# NEW PEN KITS FROM CSUSA!



## thetalbott4 (May 16, 2006)

Just got my new catalog and there is a Emperor jr along with 2 other new high end kits, the Lotus and the Imperial. Maybe everybody knew already, but it's news to me. Cool lookin stuff...but spensive!


----------



## Tea Clipper (May 16, 2006)

Cool!  I heard a rumor about the Emporer Jr, but had no idea about the other two.  I hope I get my catalog soon, I'd like to take a look![8D]


----------



## thetalbott4 (May 16, 2006)

The epm jr uses same bits as the jr gent / statesman (yeah!), but the 2 new ones use 15/32 and 35/64, which is different (on the cap tube anyway) than the fullsize states / gent. $50 -$60 per kit on the 2 new kits. Emp jr is MORE $ than the full size emperor!


----------



## pete00 (May 16, 2006)

oh great...i was just going to order tomorrow, now i need to wait until i see.... how come its not on web site..

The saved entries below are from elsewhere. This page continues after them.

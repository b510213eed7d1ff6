//! Operators between operands: how they are spelled, and how tight they bind.

ghost use Rattle.std.specs.Prelude.{◌≡◌, ◌<◌, false, length, OnSome};
ghost use Rattle.slot_lang.specs.code.Levels.{precedence_at};
ghost use Rattle.slot_lang.specs.Precedence.{symbol_of, precedence_of};
ghost use Rattle.slot_lang.specs.code.Precedence.{NoOperator, IsOperatorOf, IsNextOperator, TakesOperator};

use syntax_trees::Binary;
use texts::{Symbol, Token};
use token_reading::{Cursor, Wanted};

/// How tight an operator binds, the loosest first.
#[derive(Clone, Copy, Debug, PartialEq, Eq)]
pub enum Precedence {
    /// `||`
    Or,
    /// `&&`
    And,
    /// `==`, `!=`, `<`, `<=`, `>` and `>=`
    Comparison,
    /// `+` and `-`
    Sum,
    /// `*`
    Term,
}

/// Comparisons.
const COMPARISONS: [Wanted; 6] = [
    Wanted::Symbol(Symbol::Equal),
    Wanted::Symbol(Symbol::Unequal),
    Wanted::Symbol(Symbol::Less),
    Wanted::Symbol(Symbol::AtMost),
    Wanted::Symbol(Symbol::Greater),
    Wanted::Symbol(Symbol::AtLeast),
];

impl Precedence {
    /// The operators that bind so tight, as they are looked for.
    fn wanted(self) -> &'static [Wanted] {
        match self {
            Precedence::Or => &[Wanted::Symbol(Symbol::Or)],
            Precedence::And => &[Wanted::Symbol(Symbol::And)],
            Precedence::Comparison => &COMPARISONS,
            Precedence::Sum => &[Wanted::Symbol(Symbol::Plus), Wanted::Symbol(Symbol::Minus)],
            Precedence::Term => &[Wanted::Symbol(Symbol::Star)],
        }
    }
}

/// The operators that group to the left, by how tight they bind, the loosest first.
#[derive(Clone, Copy, Debug, PartialEq, Eq)]
pub enum Level {
    /// `||`
    Or,
    /// `&&`
    And,
    /// `+` and `-`
    Sum,
    /// `*`
    Term,
}

impl Level {
    /// How tight they bind.
    pub fn precedence(self) -> Precedence
        ensures { result ≡ precedence_at self }
    {
        match self {
            Level::Or => Precedence::Or,
            Level::And => Precedence::And,
            Level::Sum => Precedence::Sum,
            Level::Term => Precedence::Term,
        }
    }
}

/// How the operator is spelled.
#[inline(always)]
fn symbol_of(binary: Binary) -> Symbol
    ensures { result ≡ symbol_of binary }
{
    match binary {
        Binary::Add => Symbol::Plus,
        Binary::Subtract => Symbol::Minus,
        Binary::Multiply => Symbol::Star,
        Binary::Less => Symbol::Less,
        Binary::AtMost => Symbol::AtMost,
        Binary::Greater => Symbol::Greater,
        Binary::AtLeast => Symbol::AtLeast,
        Binary::Equal => Symbol::Equal,
        Binary::Different => Symbol::Unequal,
        Binary::And => Symbol::And,
        Binary::Or => Symbol::Or,
    }
}

/// The operator that is spelled so.
#[inline(always)]
fn operator_of(symbol: Symbol) -> Option<Binary>
    ensures { IsOperatorOf symbol result }
{
    match symbol {
        Symbol::Plus => Some(Binary::Add),
        Symbol::Minus => Some(Binary::Subtract),
        Symbol::Star => Some(Binary::Multiply),
        Symbol::Less => Some(Binary::Less),
        Symbol::AtMost => Some(Binary::AtMost),
        Symbol::Greater => Some(Binary::Greater),
        Symbol::AtLeast => Some(Binary::AtLeast),
        Symbol::Equal => Some(Binary::Equal),
        Symbol::Unequal => Some(Binary::Different),
        Symbol::And => Some(Binary::And),
        Symbol::Or => Some(Binary::Or),
        _ => None,
    }
}

/// How tight the operator binds.
#[inline(always)]
fn precedence_of(binary: Binary) -> Precedence
    ensures { result ≡ precedence_of binary }
{
    match binary {
        Binary::Or => Precedence::Or,
        Binary::And => Precedence::And,
        Binary::Add => Precedence::Sum,
        Binary::Subtract => Precedence::Sum,
        Binary::Multiply => Precedence::Term,
        _ => Precedence::Comparison,
    }
}

/// Whether an operator that binds so tight comes next.
#[inline(always)]
pub fn is_operator_next(cursor: &mut Cursor, precedence: Precedence) -> bool
    ensures same { cursor.new ≡ cursor.old }
    ensures none { result ≡ false → NoOperator precedence cursor.old }
{
    match next_operator(cursor.ahead(precedence.wanted())) {
        Some(binary) => precedence_of(binary) == precedence,
        None => false,
    }
}

/// Takes the operator that binds so tight, if one comes next.
pub fn operator(cursor: &mut Cursor, precedence: Precedence) -> Option<Binary>
    ensures found { TakesOperator precedence cursor.old result cursor.new }
    ensures shorter { OnSome result (length cursor.new < length cursor.old) }
{
    let Some(binary) = next_operator(cursor.ahead(precedence.wanted())) else {
        return None;
    };
    if precedence_of(binary) == precedence && cursor.eat(symbol_of(binary)) {
        Some(binary)
    } else {
        None
    }
}

/// The operator with which the tokens begin.
#[inline(always)]
fn next_operator(tokens: &[Token]) -> Option<Binary>
    ensures { IsNextOperator tokens.now result }
{
    match tokens.split_first() {
        Some((Token::Symbol(symbol), _)) => operator_of(*symbol),
        _ => None,
    }
}
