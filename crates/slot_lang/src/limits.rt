//! How many types the signatures in bodies have.

ghost use Rattle.std.specs.Prelude.{◌↔◌, IsTrue, All};
ghost use Rattle.slot_lang.specs.Bodies.{signatures_of, signatures_in};
ghost use Rattle.syntax_trees.specs.Connections.{HasFewTypes};

use syntax_trees::Stmt;

/// Whether no signature in the body has more than 8 types.
#[cycle(bodies)]
pub fn body_has_few_parameters(body: &[Stmt]) -> bool
    ensures { IsTrue result ↔ All HasFewTypes (signatures_in body.now) }
{
    for statement in body {
        if !statement_has_few_parameters(statement) {
            return false;
        }
    }
    true
}

/// Whether none in the statement and its blocks has.
#[cycle(bodies)]
fn statement_has_few_parameters(statement: &Stmt) -> bool
    ensures { IsTrue result ↔ All HasFewTypes (signatures_of statement.now) }
{
    match statement {
        Stmt::Set(_, _, _) => true,
        Stmt::Emit(_, _) => true,
        Stmt::Call(_, _, _) => true,
        Stmt::If(_, body, other) => {
            body_has_few_parameters(body.as_slice()) && body_has_few_parameters(other.as_slice())
        }
        Stmt::Connect(ends, _) => ends.have_few_types(),
        Stmt::Disconnect(ends) => ends.have_few_types(),
        Stmt::Delete(_) => true,
        Stmt::Later(_) => true,
        Stmt::Group(sets) => body_has_few_parameters(sets.as_slice()),
    }
}
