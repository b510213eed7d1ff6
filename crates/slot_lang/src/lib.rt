//! The language of slot bodies.
#![tactic(auto)]

mod body;
mod connection;
mod deletion;
mod expression;
mod fault;
mod limits;
mod path;
mod precedence;
mod update_group;

pub use body::{block, one_answer, one_body, parse_body, value};
pub use expression::{one_expression, parse_expr};
pub use expressions::{Classes, EvalFault, ExprType, Names, World, eval, type_of};
pub use fault::BodyFault;
pub use limits::body_has_few_parameters;
pub use precedence::Precedence;
pub use syntax_trees::{
    Binary, Body, ConnectionType, Endpoints, Expr, Literal, Path, Root, Stmt, Unary,
};
pub use texts::{LexFault, Token, nesting, tokens};
pub use token_reading::ParseFault;
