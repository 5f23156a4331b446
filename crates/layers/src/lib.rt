//! Layers that correct a source of positions.
#![tactic(auto)]

pub mod below;
pub mod correction;
pub mod layer;
pub mod sheet_layer;
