//! A layer that adds the value of a sheet.
ghost use Rattle.std.specs.Prelude.{◌≡◌, [], None, ◌==◌};
ghost use Rattle.rounding.specs.Bounds.{Within};
ghost use Rattle.std.specs.Option.{option_map};
ghost use Rattle.sheets.specs.Tables.{held, table_of};
ghost use Rattle.source.specs.Meaning.{answer_of, row_answer, after};
ghost use Rattle.layers.specs.Laid.{share};
ghost use Rattle.layers.specs.SheetLayers.{head_fit, sheet_fit, sheet_target, value_seen, sheet_value, sheet_put, fitting};
ghost use Rattle.layers.specs.SheetLaws.{sheet_lawful, sheet_passes};

use crate::below::{has_axis, has_room, position};
use crate::correction::Correction;
use crate::layer::Layer;
use faults::fault::{Fault, Part, Refusal};
use sheets::sheet::Sheet;
use sheets::table::Table;
use source::source::Source;
use values::value::table_value;

/// A copy of a sheet, on any source. Where it does not fit it is blank: it adds nothing and counts nothing.
pub type SheetLayer<S> = Layer<S, Sheet>;

/// Whether a sheet fits on a source: 7 for an empty sheet, then 3 at the first absent axis of its heading, then 12.
pub fn sheet_fit<S: Source>(sheet: &Sheet, below: &S) -> Result<(), Fault>
    ensures { result ≡ answer_of (sheet_fit (held sheet.now) (S.Source.means below.now [])) }
{
    let table = sheet
        .table()
        .ok_or(Fault::of(Part::Sheet, Refusal::Incomplete))?;
    let heading = table.heading();
    has_axis(below, Part::Sheet, heading.row_axis())?;
    has_axis(below, Part::Sheet, heading.column_axis())?;
    has_axis(below, Part::Sheet, heading.target_axis())?;
    has_room(below, Part::Sheet)
}

// The table of a sheet that fits on a source.
fn fitted<'a, S: Source>(sheet: &'a Sheet, below: &S) -> Option<&'a Table>
    ensures { option_map (λ t. table_of t.now) result
        ≡ fitting (sheet_fit (held sheet.now) (S.Source.means below.now [])) (held sheet.now) }
{
    sheet_fit(sheet, below).ok()?;
    sheet.table()
}

// The value of a table that fits on a source, where the source stands now.
fn value_here<S: Source>(table: &Table, below: &S) -> i64
    requires { head_fit (table_of table.now).head (S.Source.means below.now []) ≡ None }
    ensures value { result ≡ value_seen (table_of table.now) (S.Source.means below.now []) }
    ensures near { Within 32767 result }
{
    let heading = table.heading();
    let row = position(below, heading.row_axis());
    let column = position(below, heading.column_axis());
    table_value(table, row, column)
}

// What a sheet adds at an axis of a source.
fn amount<S: Source>(sheet: &Sheet, below: &S, axis: usize) -> i64
    ensures value { let seen = S.Source.means below.now [] in
        let on = (axis == sheet_target (held sheet.now)) in
        result ≡ share (sheet_fit (held sheet.now) seen) on (sheet_value (held sheet.now) seen) }
    ensures near { Within 32767 result }
{
    match fitted(sheet, below) {
        Some(table) if axis == table.heading().target_axis() => value_here(table, below),
        _ => 0,
    }
}

impl Correction for Sheet {
    ghost laid = { sheet_put };

    ghost passes = { λ sheet m. sheet_passes sheet m };

    ghost keeps = { sheet_lawful };

    fn fits<S: Source>(&self, below: &S) -> bool {
        sheet_fit(self, below).is_ok()
    }

    fn amount<S: Source>(&self, below: &S, axis: usize) -> i64 {
        amount(self, below, axis)
    }

    fn follow<S: Source>(&mut self, _below: &S) {}
}

impl<S: Source> Layer<S, Sheet> {
    /// Puts a sheet on a source.
    pub fn put(below: S, sheet: &Sheet) -> Self
        ensures { sheet_put result.correction (S.Source.means result.below)
            ≡ sheet_put sheet.now (S.Source.means below) }
    {
        Layer::new(below, *sheet)
    }
}
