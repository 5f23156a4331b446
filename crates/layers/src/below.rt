//! What a layer asks of the source below it.
ghost use Rattle.std.specs.Prelude.{◌≡◌, [], ◌+ℤ◌, IfOk};
ghost use Rattle.rounding.specs.Bounds.{Within};
ghost use Rattle.source.specs.Meaning.{answer_of, offset_answer};
ghost use Rattle.layers.specs.Below.{axis_fit, depth_fit, position_seen};

use faults::fault::{Fault, Part, Refusal};
use source::source::Source;

/// Whether a source has an axis that a layer names.
pub fn has_axis<S: Source>(below: &S, part: Part, axis: usize) -> Result<(), Fault>
    ensures { result ≡ answer_of (axis_fit part axis (S.Source.means below.now [])) }
{
    if axis >= below.axes() {
        return Err(Fault::of(part, Refusal::NoSuchAxis).on_axis(axis));
    }
    Ok(())
}

/// Whether one layer more may stand on a source.
pub fn has_room<S: Source>(below: &S, part: Part) -> Result<(), Fault>
    ensures { result ≡ answer_of (depth_fit part (S.Source.means below.now [])) }
{
    if below.depth() >= 16 {
        return Err(Fault::of(part, Refusal::StackFull));
    }
    Ok(())
}

// The bounds of a position and of an offset stand in clauses and are no types: a source answers plain numbers, and each use is a sum of them.
/// Where an axis is, and 0 for one that is not there.
pub fn position<S: Source>(below: &S, axis: usize) -> i64
    ensures value { result ≡ position_seen (S.Source.means below.now []) axis }
    ensures near { Within 1099511627776 result }
{
    below.bare(axis).unwrap_or(0)
}

/// The offset below, which leaves room for what a layer adds.
pub fn offset_below<S: Source>(below: &S, axis: usize) -> Result<i64, Fault>
    ensures value { result ≡ offset_answer (S.Source.means below.now []) axis }
    ensures near { IfOk result (λ z. Within 524272 z) }
{
    below.offset(axis)
}

/// An offset with a layer's amount added: the sum, for every offset and amount that there is.
pub fn sum(offset: i64, amount: i64) -> i64
    ensures { Within 524272 offset → Within 32767 amount → result ≡ offset +ℤ amount }
{
    offset.saturating_add(amount)
}
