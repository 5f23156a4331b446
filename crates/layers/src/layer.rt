//! A layer: a correction on a source, which is a source again.
ghost use Rattle.std.specs.Prelude.{◌≡◌, []};
ghost use Rattle.source.specs.Meaning.{row_answer, after};

use crate::below::{offset_below, sum};
use crate::correction::Correction;
use faults::fault::Fault;
use source::source::Source;

/// A correction on any source.
#[derive(Drop)]
pub struct Layer<S: Source, C: Correction> {
    pub(crate) below: S,
    pub(crate) correction: C,
}

impl<S: Source, C: Correction> Layer<S, C> {
    /// Puts a correction on a source.
    pub fn new(below: S, correction: C) -> Self
        ensures { C.Correction.laid result.correction (S.Source.means result.below)
            ≡ C.Correction.laid correction (S.Source.means below) }
    {
        Layer { below, correction }
    }

    // Offers a row to the source below, and goes on after one that is accepted.
    fn take_row(&mut self, row: &[u32]) -> Result<(), Fault>
        ensures answer { result ≡ row_answer (S.Source.means self.old.below []) row.now }
        ensures next { C.Correction.laid self.new.correction (S.Source.means self.new.below)
            ≡ after (C.Correction.laid self.old.correction (S.Source.means self.old.below))
            row.now }
    {
        self.below.advance(row)?;
        self.correction.follow(&self.below);
        Ok(())
    }
}

impl<S: Source, C: Correction> Source for Layer<S, C> {
    ghost means = { λ l. C.Correction.laid l.correction (S.Source.means l.below) };

    ghost lawful = { λ l.
        C.Correction.keeps l.correction (S.Source.means l.below) (S.Source.lawful l.below) };

    fn axes(&self) -> usize {
        self.below.axes()
    }

    fn depth(&self) -> usize {
        self.below.depth() + usize::from(self.correction.fits(&self.below))
    }

    fn bare(&self, axis: usize) -> Result<i64, Fault> {
        self.below.bare(axis)
    }

    fn offset(&self, axis: usize) -> Result<i64, Fault> {
        let offset = offset_below(&self.below, axis)?;
        Ok(sum(offset, self.correction.amount(&self.below, axis)))
    }

    fn advance(&mut self, row: &[u32]) -> Result<(), Fault> {
        self.take_row(row)
    }
}
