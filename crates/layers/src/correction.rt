//! What a layer adds to the source below it.
ghost use Rattle.std.specs.Prelude.{◌≡◌, ◌+◌, [], None, List, ℕ, ◌+ℤ◌, if◌then◌else◌};
ghost use Rattle.rounding.specs.Bounds.{Within};
ghost use Rattle.source.specs.Meaning.{Meaning, Lawful, past};
ghost use Rattle.layers.specs.Laid.{PassesThrough};

use source::source::Source;

/// A correction of one axis by the bare positions of a source. Where it does not fit on the source it is blank.
pub trait Correction {
    // What a source means with the correction on it.
    ghost laid: { Self → Meaning → Meaning };

    /// Whether the correction fits on a source; one that does counts as a layer.
    fn fits<S: Source>(&self, below: &S) -> bool
        ensures { let m = S.Source.means below.now in
            (laid self.now m []).depth ≡ (m []).depth + (if result then 1 else 0) };

    /// What it adds at an axis.
    fn amount<S: Source>(&self, below: &S, axis: usize) -> i64
        ensures value { let m = S.Source.means below.now in
            (laid self.now m []).offset axis ≡ (m []).offset axis +ℤ result }
        ensures near { Within 32767 result };

    /// Goes on once the source below has accepted a row.
    fn follow<S: Source>(&mut self, below: &S)
        ensures { (m : Meaning) (row : List ℕ) → Lawful m → (m []).refusal row ≡ None
            → S.Source.means below.now ≡ past m row
            → laid self.new (past m row) ≡ past (laid self.old m) row };

    // Axes, bare positions and refusals pass through, and a lawful source stays one.
    ghost passes: { (c : Self) (m : Meaning) → PassesThrough m (laid c m) };

    ghost keeps: { (c : Self) (m : Meaning) → Lawful m → Lawful (laid c m) };
}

mabey ill just supprise myself and order sight unseen.
Well that would be a very silly thing to do.....or...  [}][}][}]


----------



## Dario (May 16, 2006)

I just ordered a Jr Emperor FP sight unseen [].


----------



## thetalbott4 (May 16, 2006)

I wonder if they'll have them on sale in June? Nils...hint hint.[]


----------



## gerryr (May 16, 2006)

I don't have a new catalog yet![][!]


----------



## reed43 (May 16, 2006)

Does it look like the regular emperor only smaller. What is the cost.


----------



## thetalbott4 (May 16, 2006)

> Does it look like the regular emperor only smaller. What is the cost.



It looks just like the full sized version. Exact copy. Gold is $50 for RB or $55 for FP. The black is $40 for RB or $43 for FP.


----------



## vick (May 16, 2006)

Nils -  We demand pictures!


----------



## alamocdc (May 16, 2006)

I didn't get my catalog either. But more expensive than the full size? I'm not sure that computes.


----------



## PenWorks (May 16, 2006)

Lets hope it's another printing error [B)]
Can't blame everything on the price of gas [)]
I haven't recieved mine as well.


----------



## thetalbott4 (May 16, 2006)

> But more expensive than the full size? I'm not sure that computes.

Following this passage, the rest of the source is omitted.